- Task item -
Whenever a line in the material below includes "origins", copy that line.

- Provided records -
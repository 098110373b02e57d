//! What holds of every plan, by the definitions alone.
ghost use Rattle.std.specs.Prelude.{◌≡◌, ◌≢◌, ◌↔◌, ◌⊎◌, ℕ, ◌<◌, ◌≤◌, Bool, true, false, List, length, Option, None, Some};
ghost use Rattle.std.specs.List.{slice_get};
ghost use Rattle.ipx_plan.specs.declared.link.Link.{Link};
ghost use Rattle.ipx_plan.specs.declared.fate.Fate.{Fate};
ghost use Rattle.ipx_plan.specs.declared.origin.Cable.TheVariants.{Kept, Opened};
ghost use Rattle.ipx_plan.specs.declared.origin.Origin.{Origin};
ghost use Rattle.ipx_plan.specs.Carriers.{is_shared, is_tunnel};
ghost use Rattle.ipx_plan.specs.Likeness.{is_at_same_port, apart, distance, distance_at};
ghost use Rattle.ipx_plan.specs.Cables.{is_first_on_cable};
ghost use Rattle.ipx_plan.specs.Tunnels.{is_found};
ghost use Rattle.ipx_plan.specs.Planned.{Planned, IsPlan};
ghost use Rattle.ipx_plan.specs.Laws.{was_of, becomes_of, cable_of, GoesOn, IsAsItWas, GoesOnWhole};

/// Two configurations allow one plan alone.
pub fn one_way()
    ensures { (old new : List Link) (a b : Planned) → IsPlan old new a → IsPlan old new b → a ≡ b }
{}

/// A plan speaks of each link once. New link k continues old link j exactly if old link j is continued by new link k: so no two new links
/// continue one, and no old one is continued by two.
pub fn once()
    ensures origins { (old new : List Link) (plan : Planned) → IsPlan old new plan → length plan.origins ≡ length new }
    ensures fates { (old new : List Link) (plan : Planned) → IsPlan old new plan → length plan.fates ≡ length old }
    ensures both { (old new : List Link) (plan : Planned) → IsPlan old new plan → (j k : ℕ) →
        (was_of plan k ≡ Some j) ↔ (becomes_of plan j ≡ Some k) }
{}

/// What is continued is alike, and keeps its network.
pub fn alike()
    ensures alike { (old new : List Link) (plan : Planned) → IsPlan old new plan → (j k : ℕ) →
        was_of plan k ≡ Some j → distance_at old new j k < apart }
    ensures network { (a b : Link) → distance a b < apart → a.network.0 ≡ b.network.0 }
{}

/// As many links stay as can: no link is added that is like one which is removed.
pub fn as_many()
    ensures { (old new : List Link) (plan : Planned) → IsPlan old new plan → (j k : ℕ) →
        was_of plan k ≡ None → becomes_of plan j ≡ None → distance_at old new j k ≡ apart }
{}

/// If nothing has changed, there is nothing to do: the router and all links, cables and tunnels stay.
pub fn nothing_changed()
    ensures router { (links : List Link) (plan : Planned) → IsPlan links links plan → plan.keeps_router ≡ true }
    ensures origins { (links : List Link) (plan : Planned) → IsPlan links links plan → (k : ℕ) (origin : Origin) →
        slice_get plan.origins k ≡ Some origin → IsAsItWas k origin }
    ensures fates { (links : List Link) (plan : Planned) → IsPlan links links plan → (j : ℕ) (fate : Fate) →
        slice_get plan.fates j ≡ Some fate → GoesOnWhole j fate }
{}

/// Two new links have one cable exactly if they share it by what they say. A cable that is kept carries what it carried before. Each old
/// cable is closed exactly if no new link keeps it. What is opened is opened once, and isn't open already.
pub fn cables()
    ensures shared { (old new : List Link) (plan : Planned) → IsPlan old new plan → (k l : ℕ) (a b : Link) →
        slice_get new k ≡ Some a → slice_get new l ≡ Some b → k ≢ l
        → (cable_of plan k ≡ cable_of plan l) ↔ ((is_shared a.carrier ≡ true) × (a.carrier ≡ b.carrier)) }
    ensures kept { (old new : List Link) (plan : Planned) → IsPlan old new plan → (j k : ℕ) (link : Link) →
        slice_get new k ≡ Some link → cable_of plan k ≡ Some (Kept j)
        → (before : Link) × (slice_get old j ≡ Some before) × (is_first_on_cable old j before ≡ true) × (before.carrier ≡ link.carrier) }
    ensures closed { (old new : List Link) (plan : Planned) → IsPlan old new plan → (j : ℕ) (before : Link) (fate : Fate) →
        slice_get old j ≡ Some before → is_first_on_cable old j before ≡ true → slice_get plan.fates j ≡ Some fate
        → (fate.is_closed ≡ true) ↔ ((k : ℕ) → cable_of plan k ≢ Some (Kept j)) }
    ensures opened { (old new : List Link) (plan : Planned) → IsPlan old new plan → (i k : ℕ) →
        cable_of plan k ≡ Some (Opened i) → (i ≤ k) × (cable_of plan i ≡ Some (Opened i)) }
    ensures anew { (old new : List Link) (plan : Planned) → IsPlan old new plan → (i j k : ℕ) (link before : Link) →
        slice_get new k ≡ Some link → cable_of plan k ≡ Some (Opened i) → is_shared link.carrier ≡ true
        → slice_get old j ≡ Some before → before.carrier ≢ link.carrier }
{}

/// A tunnel whose clients find the next one where it was goes on there, with them; so does one at the same port. Each other tunnel ends.
pub fn clients()
    ensures stay { (old new : List Link) (plan : Planned) → IsPlan old new plan → (j k : ℕ) (a b : Link) →
        was_of plan k ≡ Some j → slice_get old j ≡ Some a → slice_get new k ≡ Some b → is_found a b ≡ true → GoesOn plan k }
    ensures at_port { (a b : Link) → is_at_same_port a b ≡ true → is_found a b ≡ true }
    ensures once { (old new : List Link) (plan : Planned) → IsPlan old new plan → (j : ℕ) (a : Link) (fate : Fate) →
        slice_get old j ≡ Some a → is_tunnel a.carrier ≡ true → slice_get plan.fates j ≡ Some fate
        → (fate.ends_tunnel ≡ false) ↔ ((k : ℕ) × (was_of plan k ≡ Some j) × GoesOn plan k) }
{}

- Written solution -
    ensures origins { (old new : List Link) (plan : Planned) → IsPlan old new plan → length plan.origins ≡ length new }
    ensures origins { (links : List Link) (plan : Planned) → IsPlan links links plan → (k : ℕ) (origin : Origin) →
        slice_get plan.origins k ≡ Some origin → IsAsItWas k origin }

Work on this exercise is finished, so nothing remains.